/// ALL FOUND IS TRUE. Suppose that a controller sent a whole opening, and later a COMPARE under the search address
/// `FFFFFE` that no gear answers. Then every powered gear has a short address, when the COMPARE is sent and afterwards.
/// The premises are:
///
/// - Since the opening's first frame no gear's power came or went, no initialisation expired, the bus was not quiet for
///   long, and no other TERMINATE was sent or destroyed.
/// - No frame of another device came between the two INITIALISE or the two RANDOMISE of the opening.
/// - Since the opening no controller passed a gear over: none sent WITHDRAW to a gear that it did not ask for its short
///   address (`nobody_passed`). Only surveys do that. A gear that another controller passes over is WITHDRAWN, so it
///   answers no COMPARE, and has no short address: a short history ends so (`proofs/Histories/PassedOver`,
///   `examples/passed-over.txt`).
///
/// What is heard may be silence when a gear did answer, since answers may be lost: the law speaks of the answers.
pub fn all_found_is_true()
    ensures now { (p : Plan) (capacity : ℕ) (front : List Event) (c : ℕ) (first : Entry) (opening : List Event)
        (last : Entry) (middle : List Event) (compare : Entry)
        → SearchesAll p capacity front c first opening last middle compare
        → NobodyAnswers (after p capacity (up_to_compare front c first opening last middle))
        → EachPowered (after p capacity (up_to_compare front c first opening last middle)) HasShort }
    ensures afterwards { (p : Plan) (capacity : ℕ) (front : List Event) (c : ℕ) (first : Entry) (opening : List Event)
        (last : Entry) (middle : List Event) (compare : Entry)
        → SearchesAll p capacity front c first opening last middle compare
        → NobodyAnswers (after p capacity (up_to_compare front c first opening last middle))
        → EachPowered
        (after p capacity (up_to_compare front c first opening last (middle ++ sent_event c compare ∷ [])))
        HasShort }
{}
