//! A site as definitions: its plan, the events of its log, the world that they lead to, and the laws of every run.
//!
//! The code here makes plans and names events. What an event does, which events are allowed and what is promised of
//! every list of them stands in `specs/`, over the definitions of the lower crates. `laws` has what is proved.
#![tactic(auto)]

mod event;
mod foreign;
pub mod laws;
mod plan;
mod trouble;
mod used;

pub use dali_gear::GearSet;
pub use event::{Event, Outside, Sending};
pub use foreign::is_foreign;
pub use plan::{CONTROLLER_LIMIT, DRAW_LIMIT, GEAR_LIMIT, Plan, PlanError};
pub use trouble::Trouble;
pub use used::Used;
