ghost use Rattle.std.specs.Prelude.{◌≡◌};

use dali_frame::{Answer, Forward};
use dali_gear::GearSet;
use dali_script::{Input, Order};

/// What happened on a site. Each accepted call adds one event to its log.
///
/// A controller is named by its number, 0 to 3, and a gear by its number, 0 to 127.
#[derive(Clone, Copy, Debug, PartialEq, Eq)]
pub enum Event {
    /// A controller acted on what it was told, and ordered something.
    Acted(u8, Input, Order),
    /// A controller asked to send an arc power frame.
    Offered(u8, Forward),
    /// A frame was sent, and this was heard.
    Sent(u8, Forward, Answer),
    /// A frame was destroyed on the bus; these gear took it all the same.
    Destroyed(u8, Forward, GearSet),
    /// The frames of two controllers collided; no gear took either.
    Collided(u8, Forward, u8, Forward),
    /// The owner, if any, lost the bus.
    Lapsed,
    /// The bus was quiet for so long that half pairs are forgotten.
    Quiet,
    /// A frame of another device came: direct arc power, or one that is no addressing command. Gear with power took it.
    Foreign(Forward),
    /// A gear's power came (true) or went.
    Power(u32, bool),
    /// The 15 minutes of a gear's initialisation ended.
    Expired(u32),
    /// A controller went down: all that it does not keep is gone.
    Down(u8),
    /// A controller came up, with its outstanding record kept (true) or not.
    Up(u8, bool),
}

/// What happens to a site from outside: no controller's step, and no frame of a controller.
///
/// Gear and controllers are named as in an [`Event`].
#[derive(Clone, Copy, Debug, PartialEq, Eq)]
pub enum Outside {
    /// The owner, if any, loses the bus.
    Lapse,
    /// The bus is quiet for so long that half pairs are forgotten.
    Quiet,
    /// A frame of another device comes, as of a sensor or a push button. Gear with power take it.
    Foreign(Forward),
    /// A gear's power comes (true) or goes.
    Power(u32, bool),
    /// The 15 minutes of a gear's initialisation are over.
    Expire(u32),
    /// A controller goes down.
    Down(u8),
}

impl Outside {
    ghost use Rattle.dali_events.specs.Events.{event_of};

    /// The event that it is.
    pub fn event(self) -> Event
        ensures { result ≡ event_of self }
    {
        match self {
            Outside::Lapse => Event::Lapsed,
            Outside::Quiet => Event::Quiet,
            Outside::Foreign(frame) => Event::Foreign(frame),
            Outside::Power(number, on) => Event::Power(number, on),
            Outside::Expire(number) => Event::Expired(number),
            Outside::Down(c) => Event::Down(c),
        }
    }
}

/// A frame that came on the bus for gear to take, all of them or some.
#[derive(Clone, Copy)]
pub struct Sending {
    /// The controller that sent it.
    pub sender: u8,
    pub frame: Forward,
    /// What was heard after it. None if it was destroyed.
    pub heard: Option<Answer>,
}

impl Event {
    ghost use Rattle.dali_events.specs.Events.{sending, heard_in, whose_step};

    /// The frame that gear could take by this event. Of two that collided neither counts.
    pub fn sending(self) -> Option<Sending>
        ensures { result ≡ sending self }
    {
        match self {
            Event::Sent(sender, frame, heard) => Some(Sending {
                sender,
                frame,
                heard: Some(heard),
            }),
            Event::Destroyed(sender, frame, _) => Some(Sending {
                sender,
                frame,
                heard: None,
            }),
            Event::Acted(..)
            | Event::Offered(..)
            | Event::Collided(..)
            | Event::Lapsed
            | Event::Quiet
            | Event::Foreign(_)
            | Event::Power(..)
            | Event::Expired(_)
            | Event::Down(_)
            | Event::Up(..) => None,
        }
    }

    /// What was heard after the frame of this event. None if there was no frame, or if it was destroyed.
    pub fn heard(self) -> Option<Answer>
        ensures { result ≡ heard_in self }
    {
        self.sending()?.heard
    }

    /// The controller whose step this is: it acted, or asked to send an arc power frame.
    pub fn whose_step(self) -> Option<u8>
        ensures { result ≡ whose_step self }
    {
        match self {
            Event::Acted(c, ..) | Event::Offered(c, _) => Some(c),
            Event::Sent(..)
            | Event::Destroyed(..)
            | Event::Collided(..)
            | Event::Lapsed
            | Event::Quiet
            | Event::Foreign(_)
            | Event::Power(..)
            | Event::Expired(_)
            | Event::Down(_)
            | Event::Up(..) => None,
        }
    }
}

> **Task statement**:
Begin with the first line of the records and finish with the line containing "sent or destroyed.". Reproduce those lines exactly, both ends included, and nothing else.

> **Result**:
/// ALL FOUND IS TRUE. Suppose that a controller sent a whole opening, and later a COMPARE under the search address
/// `FFFFFE` that no gear answers. Then every powered gear has a short address, when the COMPARE is sent and afterwards.
/// The premises are:
///
/// - Since the opening's first frame no gear's power came or went, no initialisation expired, the bus was not quiet for
///   long, and no other TERMINATE was sent or destroyed.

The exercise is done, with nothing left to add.